Lines to restate from the data below: from the one containing "pub const ROLLBACK: [Step;" to the one containing "pub const SELECT: [Step;", both included. Give them again exactly, and only them.

______

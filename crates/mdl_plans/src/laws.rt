//! Laws of plans: each means what its statement does. Each is proved as the contract of a function that does nothing.
ghost use Rattle.mdl_plans.specs.GoingOn.{PlansGoOn};
ghost use Rattle.mdl_plans.specs.PlanLaws.{PlansAreStatements, PlansStartAlike, SessionsGoOnAlike};

/// The plan of each statement means the statement's row, in a session of any state: once the looks at the session's state are filled in,
/// both are the same row.
pub fn plans_are_statements()
    ensures { PlansAreStatements }
{}

/// A session that plays the plan of a statement makes the calls that the statement makes, whatever is answered, and comes as far. If it
/// waits then, what is left is the same once the looks at the session's state are filled in.
pub fn plans_start_alike()
    ensures { PlansStartAlike }
{}

/// Two sessions that have come as far go on alike, up to the next wait or to the end.
pub fn sessions_go_on_alike()
    ensures { SessionsGoOnAlike }
{}

/// A plan that waits for a lock goes on by the step that waits, which is made again with the ticket that was granted: what is left of it is what
/// the plan does from that step on.
pub fn plans_go_on()
    ensures { PlansGoOn }
{}
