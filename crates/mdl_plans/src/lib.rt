//! Statements as plans.
//!
//! # Example
//!
//! ```
//! use mdl_plans::{Standing, Step, plan_of};
//! use mdl_syntax::Statement;
//!
//! let mut standing = Standing {
//!     has_locked_tables: false,
//!     has_read_lock: false,
//! };
//! let begin = plan_of(standing, &Statement::Begin);
//! assert!(rt; matches!(begin, [Step::Commit, Step::UnlockTables, Step::Open]));
//! // A session that has the global read lock asks for it once more, and gets no locks.
//! standing.has_read_lock = true;
//! let flush = plan_of(standing, &Statement::FlushTablesWithReadLock);
//! assert!(rt; matches!(flush, [Step::NoLockedTables, Step::Commit]));
//! ```
#![tactic(auto)]

mod laws;
mod plans;
mod step;

pub use laws::{plans_are_statements, plans_go_on, plans_start_alike, sessions_go_on_alike};
pub use plans::{
    ALTER_COPY, ALTER_HELD, ALTER_INPLACE, BEGIN, COMMIT, CREATE_SCHEMA, CREATE_TABLE, DROP_SCHEMA,
    DROP_TABLES, FLUSH, FLUSH_AGAIN, GET_LOCK, KILL_QUERY, LOCK_TABLES, RELEASE_LOCK, RENAME_TABLE,
    ROLLBACK, ROLLBACK_TO, SAVEPOINT, SELECT, SELECT_HELD, Standing, TIMEOUT, UNLOCK_TABLES, WRITE,
    WRITE_HELD, WRITE_LOW, plan_of,
};
pub use step::{Act, Keys, Manner, Step};
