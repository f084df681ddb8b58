//! The plan of each statement.
ghost use Rattle.std.specs.Prelude.{◌≡◌, false};
ghost use Rattle.mdl_rows.specs.Statements.{write_mode};
ghost use Rattle.mdl_plans.specs.Plans.{altering, plan_of, writing};

use crate::{Act, Keys, Manner, Step};
use mdl_key::Mode;
use mdl_syntax::{Algorithm, Priority, Statement};

/// BEGIN: an open transaction is committed, and locked tables are released.
pub const BEGIN: [Step; 3] = [Step::Commit, Step::UnlockTables, Step::Open];

/// COMMIT.
pub const COMMIT: [Step; 1] = [Step::Commit];

/// ROLLBACK.
pub const ROLLBACK: [Step; 1] = [Step::Rollback];

/// SAVEPOINT.
pub const SAVEPOINT: [Step; 1] = [Step::Save];

/// ROLLBACK TO.
pub const ROLLBACK_TO: [Step; 1] = [Step::GoBack];

/// SELECT: SR of each table, which is checked before the next is locked.
pub const SELECT: [Step; 1] = [Step::ReadEach];

/// SELECT of a session with locked tables: it takes no locks.
pub const SELECT_HELD: [Step; 1] = [Step::ReadHeld];

/// INSERT, UPDATE, DELETE: GLOBAL in IX, and SW of the table.
pub const WRITE: [Step; 5] = [
    Step::NoReadLock,
    Step::LockGlobal,
    Step::LockTable(Mode::SW),
    Step::Each(Act::Exist),
    Step::Wrote,
];

/// The same with LOW_PRIORITY: SWLP of the table.
pub const WRITE_LOW: [Step; 5] = [
    Step::NoReadLock,
    Step::LockGlobal,
    Step::LockTable(Mode::SWLP),
    Step::Each(Act::Exist),
    Step::Wrote,
];

/// INSERT, UPDATE, DELETE of a session with locked tables.
pub const WRITE_HELD: [Step; 2] = [Step::HeldForWrite, Step::Wrote];

/// CREATE TABLE: GLOBAL and the schema in IX, and X of the table.
pub const CREATE_TABLE: [Step; 11] = [
    Step::NoReadLock,
    Step::NoLockedTables,
    Step::Commit,
    Step::LockGlobal,
    Step::Name(Keys::SchemaOf),
    Step::LockNamed(Manner::Change),
    Step::KeepScopes,
    Step::LockTable(Mode::X),
    Step::SchemaExists,
    Step::NewTable,
    Step::CreateTable,
];

/// CREATE SCHEMA: GLOBAL in IX, and X of the schema.
pub const CREATE_SCHEMA: [Step; 9] = [
    Step::NoReadLock,
    Step::NoLockedTables,
    Step::Commit,
    Step::LockGlobal,
    Step::Name(Keys::OwnSchema),
    Step::LockNamed(Manner::Whole),
    Step::KeepScopes,
    Step::NewSchema,
    Step::CreateSchema,
];

/// DROP TABLE: GLOBAL and the schemas in IX, and X of each table. All are locked and checked before the first is dropped.
pub const DROP_TABLES: [Step; 10] = [
    Step::NoReadLock,
    Step::NoLockedTables,
    Step::Commit,
    Step::Name(Keys::Scopes),
    Step::LockNamed(Manner::Change),
    Step::Name(Keys::Tables),
    Step::LockNamed(Manner::Change),
    Step::Each(Act::Exist),
    Step::Each(Act::MayChange),
    Step::Each(Act::Drop),
];

/// DROP SCHEMA: GLOBAL in IX, X of the schema, and X of each table that is in it by then.
pub const DROP_SCHEMA: [Step; 14] = [
    Step::NoReadLock,
    Step::NoLockedTables,
    Step::Commit,
    Step::LockGlobal,
    Step::Name(Keys::OwnSchema),
    Step::LockNamed(Manner::Whole),
    Step::KeepScopes,
    Step::SchemaExists,
    Step::Name(Keys::TablesOfSchema),
    Step::LockNamed(Manner::Change),
    Step::Each(Act::MayChange),
    Step::SchemaMayChange,
    Step::Each(Act::Drop),
    Step::DropSchema,
];

/// RENAME TABLE: GLOBAL and the schemas of both names in IX, and X of both names.
pub const RENAME_TABLE: [Step; 13] = [
    Step::NoReadLock,
    Step::NoLockedTables,
    Step::Commit,
    Step::Name(Keys::BothScopes),
    Step::LockNamed(Manner::Change),
    Step::KeepScopes,
    Step::Name(Keys::BothNames),
    Step::LockNamed(Manner::Change),
    Step::NewNameIsFree,
    Step::TakeDefinition,
    Step::SchemaExists,
    Step::NamesMayChange,
    Step::Move,
];

/// UNLOCK TABLES: an open transaction stays open.
pub const UNLOCK_TABLES: [Step; 2] = [Step::UnlockTables, Step::UnlockReads];

/// FLUSH TABLES WITH READ LOCK: GLOBAL in S, and then COMMIT in S.
pub const FLUSH: [Step; 4] = [
    Step::NoLockedTables,
    Step::Commit,
    Step::LockWrites,
    Step::LockCommits,
];

/// FLUSH TABLES WITH READ LOCK of a session that has the global read lock: it takes no locks.
pub const FLUSH_AGAIN: [Step; 2] = [Step::NoLockedTables, Step::Commit];

/// ALTER TABLE .. COPY: the table can be read, not written, while it is copied. GLOBAL and the schema in IX, SU of the table, then SNW and X in its place.
pub const ALTER_COPY: [Step; 10] = [
    Step::NoReadLock,
    Step::Commit,
    Step::LockGlobal,
    Step::Name(Keys::SchemaOf),
    Step::LockNamed(Manner::Change),
    Step::LockTable(Mode::SU),
    Step::CanAlter,
    Step::Raise(Mode::SNW),
    Step::Raise(Mode::X),
    Step::Alter,
];

/// ALTER TABLE .. INPLACE: the table can be read and written, except while its alteration is prepared, and at the end. GLOBAL and the schema
/// in IX, SU of the table, then X, SU and X in its place.
pub const ALTER_INPLACE: [Step; 11] = [
    Step::NoReadLock,
    Step::Commit,
    Step::LockGlobal,
    Step::Name(Keys::SchemaOf),
    Step::LockNamed(Manner::Change),
    Step::LockTable(Mode::SU),
    Step::CanAlter,
    Step::Raise(Mode::X),
    Step::Lower(Mode::SU),
    Step::Raise(Mode::X),
    Step::Alter,
];

/// ALTER TABLE of a session with locked tables, by either algorithm: SNRW of the table beside the lock that the session has, then X and
/// SNRW in its place.
pub const ALTER_HELD: [Step; 11] = [
    Step::NoReadLock,
    Step::HeldForWrite,
    Step::Commit,
    Step::LockGlobal,
    Step::Name(Keys::SchemaOf),
    Step::LockNamed(Manner::Change),
    Step::LockTable(Mode::SNRW),
    Step::CanAlter,
    Step::Raise(Mode::X),
    Step::Alter,
    Step::Lower(Mode::SNRW),
];

/// LOCK TABLES: GLOBAL and the schemas of the tables to write in IX, then SNRW of each table to write and SRO of each to read. All are
/// locked before the first is checked. Tables that were locked before are released.
pub const LOCK_TABLES: [Step; 10] = [
    Step::NoReadLockIfWrites,
    Step::Commit,
    Step::UnlockTables,
    Step::Name(Keys::WrittenScopes),
    Step::LockNamed(Manner::Change),
    Step::KeepScopes,
    Step::Name(Keys::Tables),
    Step::LockNamed(Manner::Asked),
    Step::Each(Act::Exist),
    Step::KeepLocked,
];

/// KILL QUERY.
pub const KILL_QUERY: [Step; 1] = [Step::Kill];

/// TIMEOUT: the session's own wait has timed out before, so nothing is left to do.
pub const TIMEOUT: [Step; 0] = [];

/// GET_LOCK: X of the user-level lock.
pub const GET_LOCK: [Step; 2] = [Step::Name(Keys::UserLock), Step::LockUser];

/// RELEASE_LOCK.
pub const RELEASE_LOCK: [Step; 2] = [Step::Name(Keys::UserLock), Step::GiveBack];

/// What a session has when a statement begins.
#[derive(Clone, Copy)]
pub struct Standing {
    /// Whether it has locked tables.
    pub has_locked_tables: bool,
    /// Whether it has the global read lock.
    pub has_read_lock: bool,
}

/// Returns the plan of a statement, by what its session has when it begins.
pub fn plan_of(standing: Standing, statement: &Statement) -> &'static [Step]
    ensures { result.now ≡ plan_of standing.has_locked_tables standing.has_read_lock statement.now }
{
    match statement {
        Statement::Begin => &BEGIN,
        Statement::Commit => &COMMIT,
        Statement::Rollback => &ROLLBACK,
        Statement::Savepoint(_) => &SAVEPOINT,
        Statement::RollbackTo(_) => &ROLLBACK_TO,
        Statement::Select(_) if standing.has_locked_tables => &SELECT_HELD,
        Statement::Select(_) => &SELECT,
        Statement::Write { .. } if standing.has_locked_tables => &WRITE_HELD,
        Statement::Write { priority, .. } => write_plan(*priority),
        Statement::CreateTable { .. } => &CREATE_TABLE,
        Statement::CreateSchema(_) => &CREATE_SCHEMA,
        Statement::DropTables(_) => &DROP_TABLES,
        Statement::DropSchema(_) => &DROP_SCHEMA,
        Statement::RenameTable { .. } => &RENAME_TABLE,
        Statement::UnlockTables => &UNLOCK_TABLES,
        Statement::FlushTablesWithReadLock if standing.has_read_lock => &FLUSH_AGAIN,
        Statement::FlushTablesWithReadLock => &FLUSH,
        Statement::AlterTable(_) if standing.has_locked_tables => &ALTER_HELD,
        Statement::AlterTable(alteration) => alter_plan(alteration.algorithm),
        Statement::LockTables(_) => &LOCK_TABLES,
        Statement::KillQuery(_) => &KILL_QUERY,
        Statement::Timeout => &TIMEOUT,
        Statement::GetLock(_) => &GET_LOCK,
        Statement::ReleaseLock(_) => &RELEASE_LOCK,
    }
}

// The plan of a write of a session without locked tables.
fn write_plan(priority: Priority) -> &'static [Step]
    ensures { result.now ≡ writing (write_mode priority) }
{
    match priority {
        Priority::Normal => &WRITE,
        Priority::Low => &WRITE_LOW,
    }
}

// The plan of ALTER TABLE of a session without locked tables.
fn alter_plan(algorithm: Algorithm) -> &'static [Step]
    ensures { result.now ≡ altering false algorithm }
{
    match algorithm {
        Algorithm::Copy => &ALTER_COPY,
        Algorithm::Inplace => &ALTER_INPLACE,
    }
}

______

Solution for this problem -
pub const ROLLBACK: [Step; 1] = [Step::Rollback];

/// SAVEPOINT.
pub const SAVEPOINT: [Step; 1] = [Step::Save];

/// ROLLBACK TO.
pub const ROLLBACK_TO: [Step; 1] = [Step::GoBack];

/// SELECT: SR of each table, which is checked before the next is locked.
pub const SELECT: [Step; 1] = [Step::ReadEach];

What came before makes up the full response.